Природный гений с врожденным влечением к художественной правде и большой, живой и наблюдательный ум не позволили Щепкину удовлетвориться этим искусством громких фраз и эффектной лжи.

Достаточно было одного толчка, чтобы у Щепкина, еще 22-летнего юноши, раскрылись глаза на тот путь, который ему предстояло утвердить в русском театре.

Однажды в Курске довелось Щепкину увидеть игру любителя П. В. Мещерского в комедии Сумарокова «Приданое обманом». Сначала игра Мещерского Щепкину вовсе не понравилась: «Что это за игра? руками действовать не умеет, а говорит… смешно сказать! — говорит просто, ну так, как все говорят. Да что же это за игра?» Но чем больше всматривался умный, наблюдательный юноша в эту «игру», тем больше она захватывала его. «Несмотря на простоту его игры (что я считал неуменьем играть), в продолжение всей роли, где только шло дело о деньгах, вам видно было, что это касалось самого больного места души его, и в этот миг вы забывали всех актеров…»

«…Пьеса кончилась.
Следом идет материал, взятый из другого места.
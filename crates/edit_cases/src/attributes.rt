// Objects that get attributes, and lose them.
ghost use Rattle.std.specs.Prelude.{◌≡◌, ◌++◌, IfOk};
ghost use Rattle.std.specs.String.{string_bytes};
ghost use Rattle.geda_model.specs.Ranges.{IsContent};
ghost use Rattle.edit_attr.specs.Attributes.{attr_line};

use crate::reading::{last_line, object_of};
use case_tables::{CaseFault, cell, text_of};
use edit_attr::{drop_attr, first_point, has_attr, set_attr};
use geda_model::{Object, is_content};
use std::alloc::{AllocError, Global};

fn attr_line(alloc: Global, name: &str, value: &str) -> Result<String, AllocError>
    ensures { IfOk result (λ line. string_bytes line ≡ attr_line name.now value.now) }
{
    format!(in alloc; "{name}={value}")
}

/// An object that gets an attribute.
fn with_attr(alloc: Global, object: &Object, name: &str, value: &str) -> Result<Object, CaseFault> {
    let line = attr_line(alloc, name, value)?;
    if !is_content(line.as_str()) {
        return Err(CaseFault::BadCase);
    }
    Ok(set_attr(alloc, object, name, value)?)
}

/// An object that gets an attribute of a name with a value.
pub fn set(alloc: Global, cells: &[&str]) -> Result<String, CaseFault> {
    let value = text_of(alloc, cell(cells, 2))?;
    let object = object_of(alloc, cell(cells, 0))?;
    let made = with_attr(alloc, &object, cell(cells, 1), value.as_str());
    drop(object);
    last_line(alloc, made?)
}

/// An object that loses its attributes of a name.
pub fn lose(alloc: Global, cells: &[&str]) -> Result<String, CaseFault> {
    let object = object_of(alloc, cell(cells, 0))?;
    let made = drop_attr(alloc, &object, cell(cells, 1));
    drop(object);
    last_line(alloc, made?)
}

/// Whether an object has an attribute of a name.
pub fn has(alloc: Global, cells: &[&str]) -> Result<String, CaseFault> {
    let object = object_of(alloc, cell(cells, 0))?;
    let has = has_attr(&object, cell(cells, 1));
    drop(object);
    Ok(String::from_str(alloc, if has { "yes" } else { "no" })?)
}

/// The first point of an object.
pub fn first(alloc: Global, cells: &[&str]) -> Result<String, CaseFault> {
    let object = object_of(alloc, cell(cells, 0))?;
    let point = first_point(&object);
    drop(object);
    Ok(format!(in alloc; "{} {}", point.x, point.y)?)
}
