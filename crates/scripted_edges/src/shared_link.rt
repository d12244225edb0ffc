// A connection in memory that waits for others. It tells no contents.
ghost use Rattle.std.specs.Prelude.{None};

use crate::progress::Progress;
use crate::scripts::Script;
use std::sync::Wait;
use std::time::Clock;
use web_heads::{Link, LinkFault, Part};

/// A connection that sends what a script says, and tells all what is written to it.
#[derive(Drop)]
pub struct SharedLink<'a, W: Wait + Clock> {
    progress: Progress<'a, W>,
    place: usize,
    script: Script,
    read_faults: u64,
    write_faults: u64,
}

impl<'a, W: Wait + Clock> SharedLink<'a, W> {
    /// The connection at a place, which sends what a script says.
    pub fn new(progress: Progress<'a, W>, place: usize, script: Script) -> SharedLink<'a, W> {
        SharedLink {
            progress,
            place,
            script,
            read_faults: 0,
            write_faults: 0,
        }
    }
}

impl<W: Wait + Clock> SharedLink<'_, W> {
    /// Waits until what is read next may come, and says whether it may.
    fn is_ready(&self) -> bool {
        match self.script.milestone() {
            Some(milestone) => self.progress.wait_for(milestone),
            None => true,
        }
    }
}

impl<W: Wait + Clock> Link for SharedLink<'_, W> {
    ghost input = { λ _. None };

    ghost output = { λ _. None };

    ghost read_faults = { λ l. l.read_faults };

    ghost write_faults = { λ l. l.write_faults };

    fn begin(&mut self, _part: Part) {}

    fn read(&mut self, room: &mut [u8]) -> Result<usize, LinkFault> {
        if !self.is_ready() {
            self.read_faults = self.read_faults.saturating_add(1);
            return Err(LinkFault::Failed);
        }
        Ok(self.script.take_bytes(room))
    }

    fn write(&mut self, piece: &[u8]) -> Result<(), LinkFault> {
        match self.progress.put(self.place, piece) {
            Ok(()) => Ok(()),
            Err(_) => {
                self.write_faults = self.write_faults.saturating_add(1);
                Err(LinkFault::Failed)
            }
        }
    }
}
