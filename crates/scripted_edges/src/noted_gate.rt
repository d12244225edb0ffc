// A gate in memory that notes the address which it is given.
ghost use Rattle.geda_defs.specs.Causes.{HasCause};

use crate::progress::Progress;
use gates::{Gate, GateFault, MemoryGate};
use std::sync::Wait;
use std::time::Clock;
use web_heads::Link;

/// A gate in memory that tells which address it was given.
pub struct NotedGate<'a, L, W: Wait + Clock> {
    gate: MemoryGate<L, &'a W>,
    progress: Progress<'a, W>,
}

impl<L: Drop, W: Wait + Clock> Drop for NotedGate<'_, L, W> {
    fn drop(self) {
        let NotedGate {
            gate: _,
            progress: _,
        } = self;
    }
}

impl<'a, L, W: Wait + Clock> NotedGate<'a, L, W> {
    /// This gate, which notes its address where all notes stand.
    pub fn new(gate: MemoryGate<L, &'a W>, progress: Progress<'a, W>) -> NotedGate<'a, L, W> {
        NotedGate { gate, progress }
    }
}

impl<L: Link + Send + Drop, W: Wait + Clock> Gate for NotedGate<'_, L, W> {
    type Link = L;

    ghost faults = { λ g. g.gate.faults };

    /// Notes the address. Where there is no memory for it, a row tells another text.
    fn bind(&mut self, address: &str) -> Result<(), GateFault> {
        let _ = self.progress.note("gate", address);
        self.gate.bind(address)
    }

    fn next(&self) -> Option<L> {
        self.gate.next()
    }
}
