//! Numbers as limbs of 64 bits, the lowest first.

ghost use Rattle.std.specs.Prelude.{◌≡◌, ◌+◌, ◌*◌, ◌^◌, ◌<◌, ◌≤◌, ◌↔◌, IsTrue, length};
ghost use Rattle.core.specs.Dec2flt.Limbs.{value_below, limb_weight};

const LOW_WORD: u128 = 0xffff_ffff_ffff_ffff;

// Multiplies and adds, and returns the carry.
fn multiply_add_with_carry(limbs: &mut [u64], by: u64, add: u64) -> u64
    ensures { value_below limbs.new (length limbs.new) + result * limb_weight (length limbs.new)
        ≡ value_below limbs.old (length limbs.old) * by + add }
{
    let mut carry = add;
    for i in 0..limbs.len() {
        let wide = limbs[i] as u128 * by as u128 + carry as u128;
        limbs[i] = (wide & LOW_WORD) as u64;
        carry = (wide >> 64) as u64;
    }
    carry
}

// Multiplies and adds, where the result has room.
pub(crate) fn multiply_add(limbs: &mut [u64], by: u64, add: u64)
    requires { value_below limbs.old (length limbs.old) * by + add
        < limb_weight (length limbs.old) }
    ensures { value_below limbs.new (length limbs.new)
        ≡ value_below limbs.old (length limbs.old) * by + add }
{
    let _carry = multiply_add_with_carry(limbs, by, add);
}

// Makes the number 0.
fn clear(limbs: &mut [u64])
    ensures { value_below limbs.new (length limbs.new) ≡ 0 }
{
    for i in 0..limbs.len() {
        limbs[i] = 0;
    }
}

// Makes the number this one.
pub(crate) fn set_to(limbs: &mut [u64], n: u64)
    requires { n < limb_weight (length limbs.old) }
    ensures { value_below limbs.new (length limbs.new) ≡ n }
{
    clear(limbs);
    multiply_add(limbs, 1, n);
}

// Multiplies by a power of two, where the result has room.
pub(crate) fn times_two_to(limbs: &mut [u64], n: u64)
    requires { value_below limbs.old (length limbs.old) * 2 ^ n < limb_weight (length limbs.old) }
    ensures { value_below limbs.new (length limbs.new)
        ≡ value_below limbs.old (length limbs.old) * 2 ^ n }
{
    let mut left = n;
    while left > 63 {
        multiply_add(limbs, 1 << 63, 0);
        left -= 63;
    }
    multiply_add(limbs, 1 << left, 0);
}

// Subtracts, and returns what is missing above the last limb.
fn subtract_with_borrow(limbs: &mut [u64], less: &[u64]) -> u64
    requires { length limbs.old ≡ length less.now }
    ensures { value_below limbs.new (length limbs.new) + value_below less.now (length less.now)
        ≡ value_below limbs.old (length limbs.old) + result * limb_weight (length limbs.old) }
{
    let mut borrow = 0;
    for i in 0..limbs.len() {
        let wide = limbs[i] as u128 + LOW_WORD + 1 - less[i] as u128 - borrow as u128;
        limbs[i] = (wide & LOW_WORD) as u64;
        borrow = 1 - (wide >> 64) as u64;
    }
    borrow
}

// Subtracts a number that isn't greater.
pub(crate) fn subtract(limbs: &mut [u64], less: &[u64])
    requires same { length limbs.old ≡ length less.now }
    requires fits { value_below less.now (length less.now)
        ≤ value_below limbs.old (length limbs.old) }
    ensures { value_below limbs.new (length limbs.new) + value_below less.now (length less.now)
        ≡ value_below limbs.old (length limbs.old) }
{
    let _borrow = subtract_with_borrow(limbs, less);
}

// Whether the first number is less.
pub(crate) fn is_less(a: &[u64], b: &[u64]) -> bool
    requires { length a.now ≡ length b.now }
    ensures { IsTrue result
        ↔ (value_below a.now (length a.now) < value_below b.now (length b.now)) }
{
    let mut i = a.len();
    while i > 0 {
        i -= 1;
        if a[i] < b[i] {
            return true;
        }
        if a[i] > b[i] {
            return false;
        }
    }
    false
}
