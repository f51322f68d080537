//! Where the point of a decimal stands, and its exponent.

ghost use Rattle.std.specs.Prelude.{◌≡◌, ◌+◌, ◌-◌, ◌<◌, ◌≤◌, ◌++◌, codes, length, replicate, IsAscii};
ghost use Rattle.std.specs.Fmt.{decimal};
ghost use Rattle.defmt_floats.specs.Shortest.{tens, most_digits};
ghost use Rattle.defmt_floats.specs.Layout.{zeros, whole_digits, leading_zeros, pointed, others, scientific, laid_out};

use crate::kind::Kind;
use crate::text::FloatText;
use itoa::Buffer;

// As many zeros as are ever written.
const ZEROS: &str = "0000000000000000";

// Appends zeros.
fn put_zeros(text: &mut FloatText, count: usize)
    requires few { count ≤ 16 }
    requires room { length text.old.bytes + count ≤ 24 }
    ensures { text.new.bytes ≡ text.old.bytes ++ zeros count }
{
    text.push_str(&ZEROS[..count]);
}

// Appends digits with the point behind the first `before` of them.
fn put_pointed(text: &mut FloatText, digits: &str, before: usize)
    requires ascii { IsAscii digits.now }
    requires sizes { (length digits.now ≤ 17) × (before ≤ 16) }
    requires room { length text.old.bytes ≤ 1 }
    ensures { text.new.bytes ≡ text.old.bytes ++ pointed digits.now before }
{
    if before < digits.len() {
        text.push_str(&digits[..before]);
        text.push_str(".");
        text.push_str(&digits[before..]);
    } else {
        text.push_str(digits);
        put_zeros(text, before - digits.len());
        text.push_str(".0");
    }
}

// Appends zeros behind a point, and digits.
fn put_fraction(text: &mut FloatText, digits: &str, count: usize)
    requires room { length text.old.bytes + count + length digits.now ≤ 22 }
    requires few { count ≤ 16 }
    ensures { text.new.bytes ≡ text.old.bytes ++ (codes "0." ++ zeros count ++ digits.now) }
{
    text.push_str("0.");
    put_zeros(text, count);
    text.push_str(digits);
}

// Appends a point and the digits behind the first, where there are any.
fn put_others(text: &mut FloatText, digits: &str)
    requires ascii { IsAscii digits.now }
    requires room { length text.old.bytes + length digits.now ≤ 24 }
    ensures { text.new.bytes ≡ text.old.bytes ++ others digits.now }
{
    if digits.len() > 1 {
        text.push_str(".");
        text.push_str(&digits[1..]);
    }
}

// Appends an exponent.
fn put_exponent(text: &mut FloatText, sign: &str, power: u64)
    requires few { (length sign.now ≤ 1) × (power < 1000) }
    requires room { length text.old.bytes ≤ 20 }
    ensures { text.new.bytes ≡ text.old.bytes ++ (sign.now ++ decimal power) }
{
    let mut buffer = Buffer::new();
    text.push_str(sign);
    text.push_str(buffer.format(power));
}

// Appends digits and an exponent.
fn put_scientific(text: &mut FloatText, digits: &str, sign: &str, power: u64)
    requires ascii { IsAscii digits.now }
    requires some { (1 ≤ length digits.now) × (length digits.now ≤ 17) }
    requires few { (length sign.now ≤ 1) × (power < 1000) }
    requires room { length text.old.bytes ≤ 1 }
    ensures { text.new.bytes ≡ text.old.bytes ++ scientific digits.now (sign.now ++ decimal power) }
{
    text.push_str(&digits[..1]);
    put_others(text, digits);
    text.push_str("e");
    put_exponent(text, sign, power);
}

// Appends the digits, the last of which stands at the place.
pub(crate) fn put_laid_out<F: Kind>(text: &mut FloatText, digits: &str, place: u64)
    requires ascii { IsAscii digits.now }
    requires some { (1 ≤ length digits.now) × (length digits.now ≤ most_digits F.format) }
    requires place { place ≤ tens F.format + 342 }
    requires room { length text.old.bytes ≤ 1 }
    ensures { text.new.bytes ≡ text.old.bytes ++ laid_out F.format digits.now place }
{
    let end = digits.len() as u64 + F::TENS;
    if place < end {
        let before = end - place;
        if before <= F::WHOLE_DIGITS {
            put_pointed(text, digits, before as usize);
        } else {
            put_scientific(text, digits, "", before - 1);
        }
    } else {
        let behind = place - end;
        if behind <= F::LEADING_ZEROS {
            put_fraction(text, digits, behind as usize);
        } else {
            put_scientific(text, digits, "-", behind + 1);
        }
    }
}
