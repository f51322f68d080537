//! The first 19 digits of floats that are whole numbers.

ghost use Rattle.std.specs.Prelude.{◌≡◌, ◌*◌, ◌/◌, ◌%◌, ◌^◌, ◌<◌, ◌≤◌, IfSome, nat_lt};
ghost use Rattle.defmt_floats.specs.Leading.{IsLeading};
ghost use Rattle.defmt_floats.specs.Shortest.{significand, exponent};

use crate::kind::Kind;

const TEN_TO_18: u128 = 1_000_000_000_000_000_000;

// A whole number over a unit, if this has 19 digits, and whether something is cut off.
fn cut_off(whole: u128, unit: u64) -> Option<(u64, bool)>
    requires { 0 < unit }
    ensures sizes { IfSome result (λ d. (10 ^ 18 ≤ d.0) × (d.0 < 10 ^ 19)) }
    ensures are { IfSome result (λ d. (d.0 ≡ whole / unit) × (d.1 ≡ nat_lt 0 (whole % unit))) }
{
    let unit = u128::from(unit);
    let digits = whole / unit;
    if digits < TEN_TO_18 || digits >= 10 * TEN_TO_18 {
        return None;
    }
    Some((digits as u64, whole % unit > 0))
}

// The digits of a float up to the place, where it is a whole number below 2 ^ 128, and the place at most 19 in front of the ones. The
// float is number * 2 ^ power times the least one.
pub(crate) fn whole_digits<F: Kind>(
    bits: u64,
    number: u64,
    power: u64,
    place: u64,
) -> Option<(u64, bool)>
    requires parts { (number ≡ significand F.format bits) × (power ≡ exponent F.format bits) }
    requires small { number < 2 ^ 53 }
    requires place { 19 ≤ place }
    ensures { IfSome result (λ d. IsLeading F.format bits d.0 place d.1) }
{
    let lowest = F::LOWEST;
    let tens = F::TENS;
    if power < lowest || tens < place {
        return None;
    }
    let shift = power - lowest;
    let less = tens - place;
    if shift > 75 || less > 19 {
        return None;
    }
    cut_off(u128::from(number) << shift, 10u64.pow(less as u32))
}
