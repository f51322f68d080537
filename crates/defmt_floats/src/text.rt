//! The text of a float of either size.

ghost use Rattle.std.specs.Prelude.{◌≡◌, ◌+◌, ◌*◌, ◌<◌, ◌≤◌, ◌++◌, length};
ghost use Rattle.std.specs.Fmt.{decimal};
ghost use Rattle.std.specs.Float.Ieee.{ones, hid, top};
ghost use Rattle.defmt_floats.specs.Shortest.{tens, most_digits};
ghost use Rattle.defmt_floats.specs.Layout.{laid_out, number_text, sign_text, magnitude_text, float_text};

use crate::kind::Kind;
use crate::layout::put_laid_out;
use crate::search::shortest;
use arrayvec::ArrayString;
use itoa::Buffer;

/// A float's text. The longest has 24 bytes, as `-2.2250738585072014e-308`.
pub type FloatText = ArrayString<24>;

// Appends the decimal at the place.
fn put_decimal<F: Kind>(text: &mut FloatText, number: u64, place: u64)
    requires sizes { length (decimal number) ≤ most_digits F.format }
    requires place { place ≤ tens F.format + 342 }
    requires room { length text.old.bytes ≤ 1 }
    ensures { text.new.bytes ≡ text.old.bytes ++ laid_out F.format (decimal number) place }
{
    let mut buffer = Buffer::new();
    put_laid_out::<F>(text, buffer.format(number), place);
}

// Appends a number without a sign.
fn put_number<F: Kind>(text: &mut FloatText, bits: u64)
    requires bits { (0 < bits) × (bits < ones F.format * hid F.format) }
    requires room { length text.old.bytes ≤ 1 }
    ensures { text.new.bytes ≡ text.old.bytes ++ number_text F.format bits }
{
    let (digits, place) = shortest::<F>(bits);
    if digits % 10 == 0 {
        put_decimal::<F>(text, digits / 10, place - 1);
    } else {
        put_decimal::<F>(text, digits, place);
    }
}

// The sign, where there is one.
fn sign_of<F: Kind>(bits: u64) -> FloatText
    ensures text { result.bytes ≡ sign_text F.format bits }
    ensures short { length result.bytes ≤ 1 }
{
    let mut text = FloatText::new();
    if bits >= F::SIGN_BIT {
        text.push_str("-");
    }
    text
}

// Appends the text of a float without a sign.
fn put_magnitude<F: Kind>(text: &mut FloatText, bits: u64)
    requires bits { bits ≤ ones F.format * hid F.format }
    requires room { length text.old.bytes ≤ 1 }
    ensures { text.new.bytes ≡ text.old.bytes ++ magnitude_text F.format bits }
{
    if bits == F::INFINITY_BITS {
        text.push_str("inf");
    } else if bits == 0 {
        text.push_str("0.0");
    } else {
        put_number::<F>(text, bits);
    }
}

// The text of the float with these bits.
pub(crate) fn text_of<F: Kind>(bits: u64) -> FloatText
    ensures { result.bytes ≡ float_text F.format bits }
{
    let magnitude = bits % F::SIGN_BIT;
    if magnitude > F::INFINITY_BITS {
        let mut text = FloatText::new();
        text.push_str("NaN");
        return text;
    }
    let mut text = sign_of::<F>(bits);
    put_magnitude::<F>(&mut text, magnitude);
    text
}
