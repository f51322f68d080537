//! The first 19 digits by one product with a power of ten of 128 bits, where what is cut off of the power can't change them, or by one
//! quotient.

ghost use Rattle.std.specs.Prelude.{◌≡◌, ℕ, ◌+◌, ◌-◌, ◌*◌, ◌/◌, ◌%◌, ◌^◌, ◌<◌, ◌≤◌, IfSome, IsTrue, nat_lt};
ghost use Rattle.defmt_floats.specs.Leading.{IsLeading};
ghost use Rattle.defmt_floats.specs.Product.{IsFixed};
ghost use Rattle.defmt_floats.specs.Shortest.{tens, significand, exponent};

use crate::kind::Kind;
use crate::whole::whole_digits;
use fast_float::power_of_ten;

// The table's first power is 10 ^ -342.
const POWER_BIAS: u64 = 342;

const LOW_WORD: u128 = 0xffff_ffff_ffff_ffff;

const TEN_TO_18: u128 = 1_000_000_000_000_000_000;

// A product lacks less than so many units of its last bit, for what was cut off of it and of the power.
const LACK: u128 = 2;

// A product without its lowest 64 bits, and whether these are 0.
fn product(number: u64, power: u128) -> (u128, bool)
    ensures from { result.0 * 2 ^ 64 ≤ number * power }
    ensures below { number * power < (result.0 + 1) * 2 ^ 64 }
    ensures same { IsTrue result.1 → number * power ≡ result.0 * 2 ^ 64 }
{
    let upper = u128::from(number) * (power >> 64);
    let lower = u128::from(number) * (power & LOW_WORD);
    (upper + (lower >> 64), lower & LOW_WORD == 0)
}

// The whole part of a number in fixed point, if it has 19 digits, and whether something follows it: where both are certain.
fn whole_part(upper: u128, shift: u64, exact: bool) -> Option<(u64, bool)>
    requires { shift < 128 }
    ensures sizes { IfSome result (λ d. (10 ^ 18 ≤ d.0) × (d.0 < 10 ^ 19)) }
    ensures are { IfSome result (λ d. (num den : ℕ) → 0 < den → IsFixed num den upper shift exact
        → (d.0 ≡ num / den) × (d.1 ≡ nat_lt 0 (num % den))) }
{
    let whole = upper >> shift;
    if whole < TEN_TO_18 || whole >= 10 * TEN_TO_18 {
        return None;
    }
    let unit = 1 << shift;
    let rest = upper & (unit - 1);
    if rest == 0 && exact {
        return Some((whole as u64, false));
    }
    if rest == 0 || unit - rest < LACK {
        return None;
    }
    Some((whole as u64, true))
}

// The digits of a float up to the place, where a product tells them. The float is number * 2 ^ power times the least one.
fn product_digits<F: Kind>(bits: u64, number: u64, power: u64, place: u64) -> Option<(u64, bool)>
    requires parts { (number ≡ significand F.format bits) × (power ≡ exponent F.format bits) }
    requires small { (0 < number) × (number < 2 ^ 53) × (power < 4000) }
    requires place { (19 ≤ place) × (place < tens F.format + 326) }
    ensures { IfSome result (λ d. IsLeading F.format bits d.0 place d.1) }
{
    // The row of 10 ^ (place - TENS) is this power over 2 ^ (scale - 1266), cut off.
    let row = place + POWER_BIAS - F::TENS;
    let scale = (row * 217_706 + 58_980) / 65_536 + 2;
    let above = F::LOWEST + 1213;
    let below = power + scale;
    if above < below {
        return None;
    }
    let shift = above - below;
    if shift >= 128 {
        return None;
    }
    let (upper, clear) = product(number << 11, power_of_ten(row));
    whole_part(upper, shift, clear & (row >= POWER_BIAS) & (scale <= 1266))
}

// The same, where a product tells them or a quotient.
fn digits_up_to<F: Kind>(bits: u64, number: u64, power: u64, place: u64) -> Option<(u64, bool)>
    requires parts { (number ≡ significand F.format bits) × (power ≡ exponent F.format bits) }
    requires small { (0 < number) × (number < 2 ^ 53) × (power < 4000) }
    requires place { (19 ≤ place) × (place < tens F.format + 326) }
    ensures { IfSome result (λ d. IsLeading F.format bits d.0 place d.1) }
{
    if let Some(found) = whole_digits::<F>(bits, number, power, place) {
        return Some(found);
    }
    product_digits::<F>(bits, number, power, place)
}

// A place up to which a float has 19 digits or 20, if it is normal and not among the least. Over 2 ^ 20, 315_653 is log10(2), and
// 726_885 a little less than 324 - 1074 * log10(2).
fn likely_place<F: Kind>(power: u64) -> u64
    requires { power < 4000 }
    ensures { (20 ≤ result) × (result < tens F.format + 326) }
{
    let binary = power + F::DIGITS + 1073 - F::LOWEST;
    let decimal = (binary * 315_653 + 726_885) >> 20;
    (F::TENS + 342)
        .saturating_sub(decimal)
        .max(20)
        .min(F::TENS + 325)
}

// The leading digits, the place of the last one and whether more follow, where a product tells them.
pub(crate) fn quick<F: Kind>(bits: u64, number: u64, power: u64) -> Option<(u64, u64, bool)>
    requires parts { (number ≡ significand F.format bits) × (power ≡ exponent F.format bits) }
    requires small { (0 < number) × (number < 2 ^ 53) × (power < 4000) }
    ensures { IfSome result (λ d. IsLeading F.format bits d.0 d.1 d.2) }
{
    let place = likely_place::<F>(power);
    if let Some((digits, more)) = digits_up_to::<F>(bits, number, power, place) {
        return Some((digits, place, more));
    }
    let (digits, more) = digits_up_to::<F>(bits, number, power, place - 1)?;
    Some((digits, place - 1, more))
}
Все были в восторге, все хохотали, а я заливался слезами, что всегда было со мною от сильных потрясений… И как мне было досадно на самого себя: как я не догадался прежде, что то-то и хорошо, что естественно и просто!»

Щепкин без колебаний попытался перейти сразу к этой естественности и простоте в игре. Но оказалось, что простоты достичь на сцене гораздо труднее, чем эффектов. Щепкина преследовали неудачи, но мысль о «естественной игре» уже одушевляла его на труд. Ища простоты в игре, он понял: для того чтоб быть естественным, прежде должно говорить своими звуками и чувствовать по-своему.

Это было целое открытие, которому суждено было перестроить все искусство русского актера. Много лет спустя Щепкин учил актеров: нужно сделаться тем человеком, в образе которого хочешь выйти на сцену, а не подделаться под него. Быть, а не казаться!..

Щепкин «запомнил ту роль и тот спектакль, когда «сказал несколько слов просто, и так просто, что если бы не по пьесе, а в жизни пришлось говорить эту фразу, то сказал бы ее точно так же».

Это было в роли Сганареля в комедии Мольера «Школа мужей». С тех пор Мольер стал любимым драматургом Щепкина, а роли в его пьесах — одними из лучших его ролей.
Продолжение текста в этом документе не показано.